We read 39128 rows from the training dataset. The dataset has 21 columns and the column named y is used as the target column. This is identified as a BinaryClassification problem. Here are 2 examples of labels: ['no', 'yes'].

21項目からなる39128個のトレーニングサンプルがあり、「y」が推論対象。これはyesかnoを推論する二項分類の問題です。

Dataset Sample

The following table is a random sample of 10 rows from the training dataset. For ease of presentation, we are only showing 20 of the 21 columns of the dataset.

10個のサンプルを表示しています。21項目中20項目のみ表示しています。

Column Analysis

The AutoML job analyzed the 21 input columns to infer each data type and select the feature processing pipelines for each training algorithm.

AutoML job が21項目を分析します。

Percent of Missing Values

We found 1 of the 21 of the columns contained missing values. The following table shows the 1 columns with the highest percentage of missing values.

1項目について欠損値を見つけたようです。
poutcome が 86.33% 欠損しているそう。

Count Statistics

データがカテゴリカルならone-hot encodingを実施したり、テキストならtf-idfなどを実行するようです。

The table below shows 21 of the 21 columns ranked by the number of unique entries.

各項目の独立した値の数を一覧表にしてくれています。

Descriptive Statistics

数値データの場合は、正規化、log、quantile、binningなどにより外れ値やスケールを調整してくれます。

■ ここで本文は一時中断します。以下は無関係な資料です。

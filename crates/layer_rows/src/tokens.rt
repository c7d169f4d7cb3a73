//! One value of each table, and a table of names.

use ams_token::{Mark, Names, TimeUnit, Word};
use std::test::Fail;

#[test]
fn tables_find_their_texts(rt: HostRuntime) -> Result<(), Fail> {
    assert_eq!(rt; Word::find("while"), Some(Word::While));
    assert_eq!(rt; Word::find("whil"), None);
    assert_eq!(rt; Mark::find("=>"), Some(Mark::Arrow));
    assert_eq!(rt; Mark::find("!="), None);
    assert_eq!(rt; TimeUnit::find("ms"), Some(TimeUnit::Ms));
    assert_eq!(rt; TimeUnit::find("s"), None);
    Ok(())
}

#[test]
fn a_name_keeps_its_number(rt: HostRuntime) -> Result<(), Fail> {
    let mut names = Names::new(rt.alloc())?;
    assert_eq!(rt; names.number(rt.alloc(), "clk")?, 4);
    assert_eq!(rt; names.number(rt.alloc(), "dot")?, 1);
    assert_eq!(rt; names.number(rt.alloc(), "clk")?, 4);
    assert_eq!(rt; names.len(), 5);
    assert_eq!(rt; names.text(4), "clk");
    assert_eq!(rt; names.find("q"), None);
    Ok(())
}
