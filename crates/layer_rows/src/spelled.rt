//! The tokens of two short texts.

use ams_token::{Integer, Mark, Place, TokenKind, Word};
use ams_tree::{Attribute, BinaryOperator, Expr, Name, Number, NumberValue};
use expr_spell::spell_expr;
use sqlite_items::{Boxed, Items};
use std::alloc::{AllocError, Global};
use std::test::Fail;

const X: TokenKind = TokenKind::Name(7);

const INTEGER: Integer = Integer {
    digits: 5,
    base: 10,
    exponent: 0,
};

const FIVE: TokenKind = TokenKind::Int(INTEGER);

const OPEN: TokenKind = TokenKind::Mark(Mark::LeftParen);

const CLOSE: TokenKind = TokenKind::Mark(Mark::RightParen);

const COMMA: TokenKind = TokenKind::Mark(Mark::Comma);

const TICK: TokenKind = TokenKind::Mark(Mark::Tick);

const PLACE: Place = Place { line: 1, column: 1 };

fn x() -> Name {
    Name {
        number: 7,
        place: PLACE,
    }
}

fn five() -> Expr {
    let value = NumberValue::Int(INTEGER);
    Expr::Number(
        Number {
            value,
            place: PLACE,
        },
        None,
    )
}

fn ramp(alloc: Global) -> Result<Expr, AllocError> {
    let rise = Boxed::new(alloc, five())?;
    let fall = Boxed::new(alloc, Expr::Name(x()))?;
    Ok(Expr::Attribute(x(), Attribute::Ramp(Some(rise), Some(fall))))
}

// x(5, x mod 5)
#[test]
fn spells_a_call(rt: HostRuntime) -> Result<(), Fail> {
    let alloc = rt.alloc();
    let left = Boxed::new(alloc, Expr::Name(x()))?;
    let right = Boxed::new(alloc, five())?;
    let mut arguments = Items::new(alloc);
    arguments.push(five())?;
    arguments.push(Expr::Binary(BinaryOperator::Mod, left, right))?;
    let spelled = spell_expr(alloc, &Expr::Call(x(), arguments))?;
    let modulo = TokenKind::Word(Word::Mod);
    let wanted = [X, OPEN, FIVE, COMMA, X, modulo, FIVE, CLOSE];
    assert_eq!(rt; spelled.as_slice(), wanted.as_slice());
    Ok(())
}

// x'ramp(5, x)
#[test]
fn spells_a_ramp(rt: HostRuntime) -> Result<(), Fail> {
    let spelled = spell_expr(rt.alloc(), &ramp(rt.alloc())?)?;
    let wanted = [X, TICK, TokenKind::RAMP, OPEN, FIVE, COMMA, X, CLOSE];
    assert_eq!(rt; spelled.as_slice(), wanted.as_slice());
    Ok(())
}
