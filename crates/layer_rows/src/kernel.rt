//! What the digital kernel stands on is made and grows where there is memory.

use agenda::Agenda;
use ams_value::Val;
use break_set::{AddFault, BreakSet};
use fix_core::{Fix, Tick};
use signal_store::SignalStore;
use std::test::Fail;
use step_data::Element;

fn element(selector: u32) -> Element {
    Element {
        selector,
        quantity: 0,
        value: Fix::exactly(0),
    }
}

#[test]
fn a_changed_value_is_an_event(rt: HostRuntime) -> Result<(), Fail> {
    let values = vec![in rt.alloc(); Val::Bit(false), Val::Int(3)]?;
    let mut store = SignalStore::new(rt.alloc(), values)?;
    assert!(rt; store.set(0, Val::Bit(true)));
    assert!(rt; !store.set(1, Val::Int(3)));
    assert!(rt; store.had_event(0));
    assert!(rt; !store.had_event(1));
    store.clear();
    assert!(rt; !store.had_event(0));
    assert!(rt; store.get(0) == Val::Bit(true));
    Ok(())
}

#[test]
fn the_least_time_comes_first(rt: HostRuntime) -> Result<(), Fail> {
    let mut agenda = Agenda::new(rt.alloc(), 3)?;
    assert!(rt; agenda.least().is_none());
    agenda.set(2, Tick::new(7))?;
    agenda.set(0, Tick::new(9))?;
    assert!(rt; agenda.least() == Tick::new(7));
    agenda.set(2, None)?;
    assert!(rt; agenda.least() == Tick::new(9));
    Ok(())
}

#[test]
fn a_selector_has_one_element(rt: HostRuntime) -> Result<(), Fail> {
    let mut breaks = BreakSet::new(rt.alloc());
    assert!(rt; breaks.add(element(4)).is_ok());
    assert!(rt; breaks.add(element(5)).is_ok());
    assert!(rt; breaks.add(element(4)) == Err(AddFault::Double(4)));
    assert!(rt; breaks.list().len() == 2);
    Ok(())
}
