//! Reading generics and ports, as the check of types sees them.
#![tactic(auto)]

mod generics;
mod interfaces;
mod ports;

pub use generics::{first_place, generic, generic_default};
pub use interfaces::interface;
pub use ports::{access_of, is_out, quantity_subtype};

Amazon SageMaker Studio - Amazon SageMaker AutoPilot (part 3)

part3は、Model Tuning の話です。

「Open candidate generation notebook」には、SageMaker Autopilot ジョブの詳細情報（各試行の情報、データ前処理ステップなど）が書かれています。すべてのコードは利用可能な状態で、実験を重ねる際のとっかかりになるらしい。

The dataset has 21 columns and the column named y is used as the target column. This is being treated as a BinaryClassification problem. The dataset also has 2 classes. This notebook will build a BinaryClassification model that maximizes the "ACCURACY" quality metric of the trained models. The "ACCURACY" metric provides the percentage of times the model predicted the correct class.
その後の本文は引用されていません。